*** Source records Section Begins ***

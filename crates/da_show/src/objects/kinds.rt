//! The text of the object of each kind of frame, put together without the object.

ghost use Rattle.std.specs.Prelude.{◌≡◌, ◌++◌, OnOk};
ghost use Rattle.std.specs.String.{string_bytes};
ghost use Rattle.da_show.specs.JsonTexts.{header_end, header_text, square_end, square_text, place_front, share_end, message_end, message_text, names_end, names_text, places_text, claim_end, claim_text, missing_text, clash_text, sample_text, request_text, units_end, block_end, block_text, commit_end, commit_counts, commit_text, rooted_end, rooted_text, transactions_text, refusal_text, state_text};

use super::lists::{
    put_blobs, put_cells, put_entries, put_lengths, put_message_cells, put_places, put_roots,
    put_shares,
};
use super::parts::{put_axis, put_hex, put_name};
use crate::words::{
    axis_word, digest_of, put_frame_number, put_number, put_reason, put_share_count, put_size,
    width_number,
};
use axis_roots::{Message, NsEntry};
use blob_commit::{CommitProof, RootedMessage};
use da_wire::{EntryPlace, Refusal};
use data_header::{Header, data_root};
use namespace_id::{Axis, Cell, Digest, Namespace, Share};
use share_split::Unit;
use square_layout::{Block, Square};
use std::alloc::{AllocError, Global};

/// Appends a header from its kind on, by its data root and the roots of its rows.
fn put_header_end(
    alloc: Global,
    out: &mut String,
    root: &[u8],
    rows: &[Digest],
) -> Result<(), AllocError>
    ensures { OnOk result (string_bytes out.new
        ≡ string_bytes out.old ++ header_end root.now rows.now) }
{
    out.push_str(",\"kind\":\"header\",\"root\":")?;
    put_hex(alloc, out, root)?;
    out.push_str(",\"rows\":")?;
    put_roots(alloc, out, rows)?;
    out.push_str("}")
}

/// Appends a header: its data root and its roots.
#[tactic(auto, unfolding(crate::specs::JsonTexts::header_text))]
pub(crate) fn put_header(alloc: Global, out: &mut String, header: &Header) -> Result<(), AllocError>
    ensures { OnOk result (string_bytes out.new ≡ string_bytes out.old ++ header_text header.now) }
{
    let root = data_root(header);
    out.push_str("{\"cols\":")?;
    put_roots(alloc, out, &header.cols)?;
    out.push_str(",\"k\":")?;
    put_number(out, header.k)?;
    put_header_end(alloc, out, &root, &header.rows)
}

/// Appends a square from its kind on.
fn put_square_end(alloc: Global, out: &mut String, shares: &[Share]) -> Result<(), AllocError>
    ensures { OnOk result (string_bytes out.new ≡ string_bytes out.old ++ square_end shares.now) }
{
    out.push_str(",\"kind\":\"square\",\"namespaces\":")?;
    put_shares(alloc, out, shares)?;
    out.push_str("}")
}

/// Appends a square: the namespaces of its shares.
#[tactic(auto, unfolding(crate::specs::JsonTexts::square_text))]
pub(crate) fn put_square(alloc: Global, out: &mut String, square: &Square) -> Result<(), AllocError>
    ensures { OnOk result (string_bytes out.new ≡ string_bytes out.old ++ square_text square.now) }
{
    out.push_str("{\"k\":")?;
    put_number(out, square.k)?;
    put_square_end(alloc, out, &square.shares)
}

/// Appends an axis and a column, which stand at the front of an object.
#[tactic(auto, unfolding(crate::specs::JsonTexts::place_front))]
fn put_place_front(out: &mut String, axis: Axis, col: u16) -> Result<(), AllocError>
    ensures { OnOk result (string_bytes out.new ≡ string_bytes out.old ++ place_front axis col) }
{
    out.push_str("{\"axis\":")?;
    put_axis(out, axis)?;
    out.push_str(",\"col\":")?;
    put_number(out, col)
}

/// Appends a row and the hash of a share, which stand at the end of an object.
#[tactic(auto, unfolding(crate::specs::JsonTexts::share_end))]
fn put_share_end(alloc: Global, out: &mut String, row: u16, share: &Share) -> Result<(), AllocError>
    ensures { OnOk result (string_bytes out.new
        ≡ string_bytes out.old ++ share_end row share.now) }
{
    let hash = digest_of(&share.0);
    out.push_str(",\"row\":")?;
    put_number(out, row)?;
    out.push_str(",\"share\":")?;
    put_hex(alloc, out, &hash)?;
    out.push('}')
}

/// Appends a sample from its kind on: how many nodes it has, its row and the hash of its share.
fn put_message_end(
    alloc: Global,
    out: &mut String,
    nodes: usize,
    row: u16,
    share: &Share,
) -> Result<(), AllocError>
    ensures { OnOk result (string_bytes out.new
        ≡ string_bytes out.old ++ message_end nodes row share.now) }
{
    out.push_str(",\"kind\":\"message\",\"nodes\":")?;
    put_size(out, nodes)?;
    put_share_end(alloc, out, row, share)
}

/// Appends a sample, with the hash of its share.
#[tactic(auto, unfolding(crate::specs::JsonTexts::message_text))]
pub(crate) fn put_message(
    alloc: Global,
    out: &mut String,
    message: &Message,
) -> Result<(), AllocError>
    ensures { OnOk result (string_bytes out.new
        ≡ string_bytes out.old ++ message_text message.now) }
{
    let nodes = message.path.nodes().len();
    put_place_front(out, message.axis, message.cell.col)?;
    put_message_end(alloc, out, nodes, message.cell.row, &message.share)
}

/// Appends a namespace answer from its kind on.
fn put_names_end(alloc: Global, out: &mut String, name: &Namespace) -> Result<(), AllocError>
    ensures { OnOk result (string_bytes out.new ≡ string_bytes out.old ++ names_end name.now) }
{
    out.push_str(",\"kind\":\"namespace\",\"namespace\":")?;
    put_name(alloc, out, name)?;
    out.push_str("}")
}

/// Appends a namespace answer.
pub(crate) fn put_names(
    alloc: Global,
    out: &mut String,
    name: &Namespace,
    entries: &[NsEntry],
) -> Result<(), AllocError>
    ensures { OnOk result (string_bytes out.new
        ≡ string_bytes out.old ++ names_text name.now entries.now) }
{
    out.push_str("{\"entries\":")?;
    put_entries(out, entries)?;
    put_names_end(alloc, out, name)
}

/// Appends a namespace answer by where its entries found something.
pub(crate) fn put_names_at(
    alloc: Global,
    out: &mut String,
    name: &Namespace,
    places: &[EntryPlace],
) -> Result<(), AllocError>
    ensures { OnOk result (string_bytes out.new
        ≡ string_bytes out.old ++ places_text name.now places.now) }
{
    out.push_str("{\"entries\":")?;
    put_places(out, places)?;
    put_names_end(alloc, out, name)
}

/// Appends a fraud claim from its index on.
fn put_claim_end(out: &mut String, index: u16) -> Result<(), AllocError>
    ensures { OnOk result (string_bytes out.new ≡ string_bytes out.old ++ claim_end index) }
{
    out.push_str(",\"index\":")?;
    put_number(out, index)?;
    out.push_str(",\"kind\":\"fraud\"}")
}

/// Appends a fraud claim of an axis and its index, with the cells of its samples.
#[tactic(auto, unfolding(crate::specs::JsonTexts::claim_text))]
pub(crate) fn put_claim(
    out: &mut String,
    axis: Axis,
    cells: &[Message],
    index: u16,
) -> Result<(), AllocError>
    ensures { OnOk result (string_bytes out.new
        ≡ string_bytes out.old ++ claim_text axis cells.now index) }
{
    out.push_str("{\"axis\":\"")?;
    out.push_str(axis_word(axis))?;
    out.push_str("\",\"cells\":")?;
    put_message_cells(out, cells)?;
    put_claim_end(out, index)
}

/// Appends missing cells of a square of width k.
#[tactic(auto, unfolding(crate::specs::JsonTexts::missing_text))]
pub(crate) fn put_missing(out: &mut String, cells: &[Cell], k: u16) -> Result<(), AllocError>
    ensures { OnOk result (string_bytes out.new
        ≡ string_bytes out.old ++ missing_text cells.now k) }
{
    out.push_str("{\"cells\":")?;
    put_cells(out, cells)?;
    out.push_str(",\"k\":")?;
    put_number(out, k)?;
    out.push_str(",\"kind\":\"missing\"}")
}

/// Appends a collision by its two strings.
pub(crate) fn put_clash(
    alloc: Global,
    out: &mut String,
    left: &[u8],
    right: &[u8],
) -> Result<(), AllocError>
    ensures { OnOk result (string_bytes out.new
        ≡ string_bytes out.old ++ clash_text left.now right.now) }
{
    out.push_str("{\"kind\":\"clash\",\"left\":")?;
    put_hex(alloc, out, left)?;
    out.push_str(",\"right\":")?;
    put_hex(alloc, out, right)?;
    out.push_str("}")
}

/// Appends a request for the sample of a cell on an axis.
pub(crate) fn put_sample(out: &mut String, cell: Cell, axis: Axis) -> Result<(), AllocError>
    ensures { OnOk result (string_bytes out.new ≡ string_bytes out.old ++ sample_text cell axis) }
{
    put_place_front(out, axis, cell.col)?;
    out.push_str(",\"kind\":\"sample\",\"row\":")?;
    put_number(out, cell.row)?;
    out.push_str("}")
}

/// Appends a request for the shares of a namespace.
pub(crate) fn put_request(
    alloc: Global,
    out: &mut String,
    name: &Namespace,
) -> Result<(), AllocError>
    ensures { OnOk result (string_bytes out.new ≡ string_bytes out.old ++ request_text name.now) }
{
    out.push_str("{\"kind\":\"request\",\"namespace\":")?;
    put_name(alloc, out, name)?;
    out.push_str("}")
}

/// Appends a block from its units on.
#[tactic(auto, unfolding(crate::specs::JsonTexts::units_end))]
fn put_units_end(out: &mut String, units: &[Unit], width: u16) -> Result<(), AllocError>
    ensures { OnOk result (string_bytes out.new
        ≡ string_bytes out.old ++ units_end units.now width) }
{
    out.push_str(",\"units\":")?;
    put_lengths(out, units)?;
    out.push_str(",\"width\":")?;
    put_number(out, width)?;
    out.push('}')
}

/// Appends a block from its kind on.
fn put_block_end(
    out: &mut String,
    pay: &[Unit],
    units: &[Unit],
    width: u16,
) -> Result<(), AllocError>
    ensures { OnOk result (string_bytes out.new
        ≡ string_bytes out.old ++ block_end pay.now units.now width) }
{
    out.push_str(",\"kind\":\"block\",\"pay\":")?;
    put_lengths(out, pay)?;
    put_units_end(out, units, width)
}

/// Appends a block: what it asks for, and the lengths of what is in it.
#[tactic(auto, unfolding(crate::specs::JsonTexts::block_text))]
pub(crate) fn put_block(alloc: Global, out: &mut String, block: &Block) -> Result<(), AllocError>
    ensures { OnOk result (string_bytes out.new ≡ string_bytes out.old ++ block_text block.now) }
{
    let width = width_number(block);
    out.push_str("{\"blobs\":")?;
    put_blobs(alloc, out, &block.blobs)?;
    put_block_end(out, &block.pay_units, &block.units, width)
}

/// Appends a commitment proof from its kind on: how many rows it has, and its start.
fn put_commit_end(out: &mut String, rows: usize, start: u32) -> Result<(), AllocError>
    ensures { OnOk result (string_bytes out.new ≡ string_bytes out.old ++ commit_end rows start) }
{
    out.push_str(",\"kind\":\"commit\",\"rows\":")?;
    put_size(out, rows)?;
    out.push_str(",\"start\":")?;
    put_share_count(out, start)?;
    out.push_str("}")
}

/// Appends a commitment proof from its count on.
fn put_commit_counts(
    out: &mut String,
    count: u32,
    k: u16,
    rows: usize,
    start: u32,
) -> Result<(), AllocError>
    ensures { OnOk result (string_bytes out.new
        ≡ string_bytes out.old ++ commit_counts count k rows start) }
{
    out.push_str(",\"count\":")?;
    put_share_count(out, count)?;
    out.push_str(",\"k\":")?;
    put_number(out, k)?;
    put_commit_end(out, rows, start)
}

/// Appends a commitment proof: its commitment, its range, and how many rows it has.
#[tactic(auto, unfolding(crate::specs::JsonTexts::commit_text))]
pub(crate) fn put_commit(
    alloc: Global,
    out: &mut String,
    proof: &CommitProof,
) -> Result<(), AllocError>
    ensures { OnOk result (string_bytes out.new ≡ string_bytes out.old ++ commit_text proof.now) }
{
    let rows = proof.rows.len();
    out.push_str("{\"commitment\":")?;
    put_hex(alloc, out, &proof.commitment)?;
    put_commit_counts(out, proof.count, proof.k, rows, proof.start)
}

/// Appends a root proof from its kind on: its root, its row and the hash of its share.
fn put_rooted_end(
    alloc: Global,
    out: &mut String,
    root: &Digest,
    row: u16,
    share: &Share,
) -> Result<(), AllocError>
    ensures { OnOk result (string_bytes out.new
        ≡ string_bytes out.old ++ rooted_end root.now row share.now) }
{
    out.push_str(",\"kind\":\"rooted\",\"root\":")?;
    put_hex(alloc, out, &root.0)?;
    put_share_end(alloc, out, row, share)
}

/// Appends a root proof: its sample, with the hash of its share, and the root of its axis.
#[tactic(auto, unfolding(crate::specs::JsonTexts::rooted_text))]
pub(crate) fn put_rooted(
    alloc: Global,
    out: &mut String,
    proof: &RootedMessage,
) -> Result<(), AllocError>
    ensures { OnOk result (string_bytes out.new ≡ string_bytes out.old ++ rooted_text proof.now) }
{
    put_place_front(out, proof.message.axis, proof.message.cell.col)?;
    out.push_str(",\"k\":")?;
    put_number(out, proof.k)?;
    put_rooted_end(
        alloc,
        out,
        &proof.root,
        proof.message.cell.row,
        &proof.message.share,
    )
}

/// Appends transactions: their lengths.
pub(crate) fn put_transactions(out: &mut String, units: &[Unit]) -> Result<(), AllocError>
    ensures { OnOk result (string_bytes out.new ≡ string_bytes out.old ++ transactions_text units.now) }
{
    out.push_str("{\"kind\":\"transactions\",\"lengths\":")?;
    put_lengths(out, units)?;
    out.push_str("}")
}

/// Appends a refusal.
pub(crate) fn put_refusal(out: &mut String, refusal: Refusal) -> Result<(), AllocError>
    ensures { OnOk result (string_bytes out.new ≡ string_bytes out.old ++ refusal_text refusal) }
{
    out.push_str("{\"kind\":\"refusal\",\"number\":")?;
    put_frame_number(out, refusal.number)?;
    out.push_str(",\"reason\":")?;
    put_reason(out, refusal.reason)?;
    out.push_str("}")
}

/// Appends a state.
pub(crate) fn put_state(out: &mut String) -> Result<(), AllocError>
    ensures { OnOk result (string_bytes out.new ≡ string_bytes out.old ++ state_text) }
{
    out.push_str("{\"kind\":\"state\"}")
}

*** Source records Section Ends ***

• _Your assignment_
Look over the records. Copy the lines that include the word "cols".

• _Solution to the problem_
    out.push_str("{\"cols\":")?;
    put_roots(alloc, out, &header.cols)?;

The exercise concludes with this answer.